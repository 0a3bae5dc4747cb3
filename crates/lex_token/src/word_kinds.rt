// A run's kind: of a word, idchars alone, and of idchars and one string.
ghost use Rattle.std.specs.Prelude.{◌≡◌, [], ◌∷◌, ◌≤◌, ◌<◌, length, get_or};
ghost use Rattle.std.proofs.Math.Seq.{slice};
ghost use Rattle.wat.specs.declared.Number.TheVariants.{Neither};
ghost use Rattle.wat.specs.NumberModel.{classify};
ghost use Rattle.wat.specs.LexModel.{word_kind};
ghost use Rattle.wat_laws.proofs.RunKinds.{quoted_by};
ghost use Rattle.lex_token.specs.Fronts.{lettered};

use codes::KindNumber;
use lex_classes::Table;
use wat::{FloatKind, IntegerKind, Number, Sign, TokenKind};

// The kind of the idchars from `at` to `end`. Their front tells most: with `$` no number begins, with a
// letter few do, and digits alone are an integer.
#[tactic(auto, using(crate::proofs::FrontLaws::fronts))]
pub fn word_kind(s: &[u8], at: usize, end: usize, t: &Table) -> KindNumber
    requires at_lt_end { (at < end) × (end ≤ length s.now) }
    ensures { result ≡ word_kind (classify (slice at end s.now)) (get_or s.now at 0) }
{
    let b = s[at];
    if b == b'$' {
        return KindNumber::new(TokenKind::Id);
    }
    if t.is_letter(b) {
        if end - at < 2 {
            return KindNumber::new(TokenKind::Keyword);
        }
        if !may_be_number(b, s[at + 1]) {
            return KindNumber::new(TokenKind::Keyword);
        }
    }
    if t.is_digit(false, b) {
        if end <= lex_classes::digits_end(s, at + 1, t) {
            return KindNumber::new(TokenKind::Integer(IntegerKind {
                sign: Sign::Unsigned,
                underscores: false,
                hex: false,
            }));
        }
    }
    named_kind(lex_numbers::classify_number(&s[at..end], t), b, t)
}

// Whether a number may begin with a letter b and a byte c: `inf`, `nan` and `nan:0x` are all that begin with a letter.
fn may_be_number(b: u8, c: u8) -> bool
    ensures { result ≡ lettered (b ∷ c ∷ []) }
{
    ((b == b'i') & (c == b'n')) | ((b == b'n') & (c == b'a'))
}

// The kind of a word, by the number that it is and its first byte.
// https://webassembly.github.io/spec/core/text/values.html#integers
fn named_kind(n: Number, b: u8, t: &Table) -> KindNumber
    ensures { result ≡ word_kind n b }
{
    match n {
        Number::Integer {
            sign,
            hex,
            underscores,
        } => KindNumber::new(TokenKind::Integer(IntegerKind {
            sign,
            underscores,
            hex,
        })),
        Number::Inf { negative } => KindNumber::new(TokenKind::Float(FloatKind::Inf { negative })),
        Number::Nan { negative } => KindNumber::new(TokenKind::Float(FloatKind::Nan { negative })),
        Number::NanVal {
            negative,
            underscores,
        } => KindNumber::new(TokenKind::Float(FloatKind::NanVal {
            negative,
            underscores,
        })),
        Number::Normal { hex, underscores } => {
            KindNumber::new(TokenKind::Float(FloatKind::Normal { underscores, hex }))
        }
        Number::Neither => plain_kind(b, t),
    }
}

// The kind of a word that is no number, by its first byte.
// https://webassembly.github.io/spec/core/text/values.html#text-id
// https://webassembly.github.io/spec/core/text/lexical.html#text-keyword
#[tactic(auto, using(crate::proofs::KindLaws::plains))]
fn plain_kind(b: u8, t: &Table) -> KindNumber
    ensures { result ≡ word_kind Neither b }
{
    if b == b'$' {
        return KindNumber::new(TokenKind::Id);
    }
    if b == b'@' {
        return KindNumber::new(TokenKind::Annotation);
    }
    if t.is_letter(b) {
        return KindNumber::new(TokenKind::Keyword);
    }
    KindNumber::new(TokenKind::Reserved)
}

// The kind of the idchars from `at` to `end` and one string.
#[tactic(auto, using(crate::proofs::KindLaws::quoteds))]
pub fn quoted_kind(s: &[u8], at: usize, end: usize) -> KindNumber
    requires { (at ≤ end) × (end ≤ length s.now) }
    ensures { result ≡ quoted_by (slice at end s.now) }
{
    if end - at == 0 {
        return KindNumber::new(TokenKind::String);
    }
    if 1 < end - at {
        return KindNumber::new(TokenKind::Reserved);
    }
    let b = s[at];
    if b == b'$' {
        return KindNumber::new(TokenKind::Id);
    }
    if b == b'@' {
        return KindNumber::new(TokenKind::Annotation);
    }
    KindNumber::new(TokenKind::Reserved)
}
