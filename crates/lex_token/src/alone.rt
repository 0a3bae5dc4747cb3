// A text that is one word, idchars alone, or one string of ASCII characters that stand for themselves: one scan tells
// its kind. Both are ASCII, and so UTF-8 too.
ghost use Rattle.std.specs.Prelude.{◌≡◌, ◌<◌, length, get_or};
ghost use Rattle.wat.specs.Bytes.{byte};
ghost use Rattle.lex_token.specs.Alone.{Alone};

use super::word_kinds;
use codes::KindNumber;
use lex_classes::Table;
use wat::TokenKind;

// The kind of a text that is one such string, or one word; `None` where it is neither.
pub fn token_alone(s: &[u8], t: &Table) -> Option<KindNumber>
    ensures { Alone s.now result }
{
    if *s.first()? == b'"' {
        return string_alone(s, t);
    }
    word_alone(s, t)
}

// The same for a text that begins with a quotation mark, which no word does.
#[tactic(auto, using(crate::proofs::AloneLaws::string_whole))]
fn string_alone(s: &[u8], t: &Table) -> Option<KindNumber>
    requires quoted { (0 < length s.now) × (get_or s.now 0 0 ≡ byte "\"") }
    ensures { Alone s.now result }
{
    let n = s.len();
    let i = lex_classes::ascii_raw_end(s, 1, t);
    if n - i != 1 {
        return None;
    }
    if s[i] != b'"' {
        return None;
    }
    Some(KindNumber::new(TokenKind::String))
}

// The same for a text that begins otherwise.
fn word_alone(s: &[u8], t: &Table) -> Option<KindNumber>
    requires not_empty { 0 < length s.now }
    ensures { Alone s.now result }
{
    let n = s.len();
    if lex_classes::idchars_end(s, 0, t) != n {
        return None;
    }
    Some(word_kinds::word_kind(s, 0, n, t))
}
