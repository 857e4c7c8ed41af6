// The next word of a message, from as few symbols as the delay of the code: the one word that begins a permitted sequence with these first symbols.

#![tactic(auto)]

mod telling;

ghost use Rattle.std.specs.Prelude.{◌≤◌, ◌<◌, length, take};
ghost use Rattle.code.specs.Definitions.Delays.{Delay};
ghost use Rattle.code.specs.Definitions.Enlarged.{original_table};
ghost use Rattle.code.specs.Definitions.NextWords.{NamesNext};
ghost use Rattle.code.specs.Definitions.Operations.{HasHigh, verdict_work};
ghost use Rattle.code.specs.Definitions.Sheets.{limits};
ghost use Rattle.well_enlarged.specs.WellEnlarged.{WellEnlarged};
ghost use Rattle.code.specs.Laws.Exactly.{Exactly};
ghost use Rattle.next_word.specs.Told.{Told};

use code::{Enlarged, Message, Pairs, Refusal};
use read_symbols::has_high;
use telling::tell;
use well_enlarged::well_enlarged;

// Whether some of the first `n` symbols of a message is above 15.
fn high_soon(n: usize, message: &[u8]) -> bool
    ensures { Exactly result (HasHigh (take n message.now)) }
{
    if n < message.len() {
        return has_high(&message[..n]);
    }
    has_high(message)
}

// The next word, by a delay of `n` symbols, or refusal 12 or 14.
fn name(e: Enlarged, n: usize, message: &[u8], work: &mut [u64]) -> Result<usize, Refusal>
    requires { WellEnlarged limits e × Delay (original_table e) n × (n < length work.old) }
    ensures { Told e message.now result }
{
    if high_soon(n, message) {
        return Err(Refusal::MessageSymbol);
    }
    if message.len() == 0 {
        return Err(Refusal::NoReading);
    }
    tell(e.code, n, message, work).ok_or(Refusal::NoReading)
}

// The next word, or refusal 21, 12 or 14, in a working buffer that is long enough.
fn foretell(e: Enlarged, message: &[u8], work: &mut [u64]) -> Result<usize, Refusal>
    requires { WellEnlarged limits e × (verdict_work limits ≤ length work.old) }
    ensures { Told e message.now result }
{
    let places = pair_endings::lay_out(e.code);
    let room = pair_storage::room(&places);
    let found = decipher_bound::find_delay(&places, &mut work[..room]);
    let delay = found.ok_or(Refusal::NoFiniteDelay)?;
    name(e, delay.0, message, work)
}

// Names the next word of a message, or gives the first refusal that holds of 8, 11, 13, 21, 12 and 14, in this order. The working buffer is left zero unless 8, 11 or
// 13 is returned.
pub fn next_word(e: Enlarged, message: &[u8], work: &mut [u64]) -> Result<usize, Refusal>
    ensures { NamesNext limits e message.now work.old work.new result }
{
    if !well_enlarged(e) {
        return Err(Refusal::NotFromSheet);
    }
    if Message::SYMBOLS < message.len() {
        return Err(Refusal::MessageLength);
    }
    if work.len() < Pairs::MARKS {
        return Err(Refusal::ShortBuffer);
    }
    let r = foretell(e, message, work);
    work.fill(0);
    r
}
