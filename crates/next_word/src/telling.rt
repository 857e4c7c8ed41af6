// The word that begins some permitted sequence of a plain code with the first symbols of a message.

ghost use Rattle.std.specs.Prelude.{◌≡◌, true, ◌+◌, ◌<◌, length};
ghost use Rattle.code.specs.Definitions.NextWords.{NextWord};
ghost use Rattle.code.specs.Definitions.Sheets.{limits};
ghost use Rattle.code.specs.Definitions.Tables.{table_of};
ghost use Rattle.read_sets.specs.Sets.{SetsOf};
ghost use Rattle.code.specs.Laws.WellFormed.{WellFormed};
ghost use Rattle.next_word.specs.Prefixes.{Opens};
ghost use Rattle.next_word.specs.Picked.{Picked, PickedBySets};

use code::{Code, Word};
use read_sets::Sets;

// The least word that may begin, if one may.
fn first_beginning(code: Code) -> Option<usize>
    requires { WellFormed limits code }
    ensures { Picked (λ x. (table_of code).begins x ≡ true) code.count result }
{
    code.begins[..code.count].iter().position(|mark| *mark == 1)
}

// The least word that begins a sequence with these symbols, by the sets of a code's words, if one does. If `cut`, the symbols may end inside a word.
fn find_word(
    having: &[u64],
    ends: &[u64],
    rows: &[u64],
    lengths: &[usize],
    n: usize,
    longest: usize,
    prefix: &[u8],
    cut: bool,
    work: &mut [u64],
) -> Option<usize>
    requires { SetsOf having.now ends.now rows.now lengths.now n longest × (length work.old ≡ length prefix.now + 1) × (0 < length prefix.now) }
    ensures { PickedBySets having.now ends.now rows.now lengths.now n longest cut prefix.now result }
{
    read_marks::mark_all(having, ends, rows, longest, prefix, cut, work);
    read_choices::seek(rows, n, work, 0, n, 0)
}

// The least word that begins a sequence of a code with these symbols, if one does. If `cut`, the symbols may end inside a word.
fn first_word(code: Code, prefix: &[u8], cut: bool, work: &mut [u64]) -> Option<usize>
    requires { WellFormed limits code × (length prefix.now < length work.old) × (0 < length prefix.now) }
    ensures { Picked (Opens (table_of code) cut prefix.now) code.count result }
{
    let mut having = [0u64; Sets::SYMBOLS];
    let mut ends = [0u64; Word::SYMBOLS];
    let mut rows = [0u64; Code::WORDS];
    let mut lengths = [0usize; Code::WORDS];
    let longest = read_sets::lay(code, &mut having, &mut ends, &mut rows, &mut lengths);
    let used = prefix.len() + 1;
    find_word(
        &having,
        &ends,
        &rows,
        &lengths,
        code.count,
        longest,
        prefix,
        cut,
        &mut work[..used],
    )
}

// The least word that begins a sequence with the same first `n` symbols as the message, if one does. No other symbol is looked at.
pub fn tell(code: Code, n: usize, message: &[u8], work: &mut [u64]) -> Option<usize>
    requires { WellFormed limits code × (n < length work.old) × (0 < length message.now) }
    ensures { Picked (NextWord (table_of code) n message.now) code.count result }
{
    if n == 0 {
        return first_beginning(code);
    }
    if n <= message.len() {
        return first_word(code, &message[..n], true, work);
    }
    first_word(code, message, false, work)
}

☆ ☆ ☆

PROBLEM – With the line holding "let room = pair_storage::room(&places);" as the first and the line holding "of a message." as the last, please transcribe exactly the lines of the material above in that range and nothing else.

ANSWER TO THE EXERCISE –
    let room = pair_storage::room(&places);
    let found = decipher_bound::find_delay(&places, &mut work[..room]);
    let delay = found.ok_or(Refusal::NoFiniteDelay)?;
    name(e, delay.0, message, work)
}

// Names the next word of a message, or gives the first refusal that holds of 8, 11, 13, 21, 12 and 14, in this order. The working buffer is left zero unless 8, 11 or
// 13 is returned.
pub fn next_word(e: Enlarged, message: &[u8], work: &mut [u64]) -> Result<usize, Refusal>
    ensures { NamesNext limits e message.now work.old work.new result }
{
    if !well_enlarged(e) {
        return Err(Refusal::NotFromSheet);
    }
    if Message::SYMBOLS < message.len() {
        return Err(Refusal::MessageLength);
    }
    if work.len() < Pairs::MARKS {
        return Err(Refusal::ShortBuffer);
    }
    let r = foretell(e, message, work);
    work.fill(0);
    r
}
filename crates/next_word/src/telling.rt
repository 857e4c7c8ed41af6
// The word that begins some permitted sequence of a plain code with the first symbols of a message.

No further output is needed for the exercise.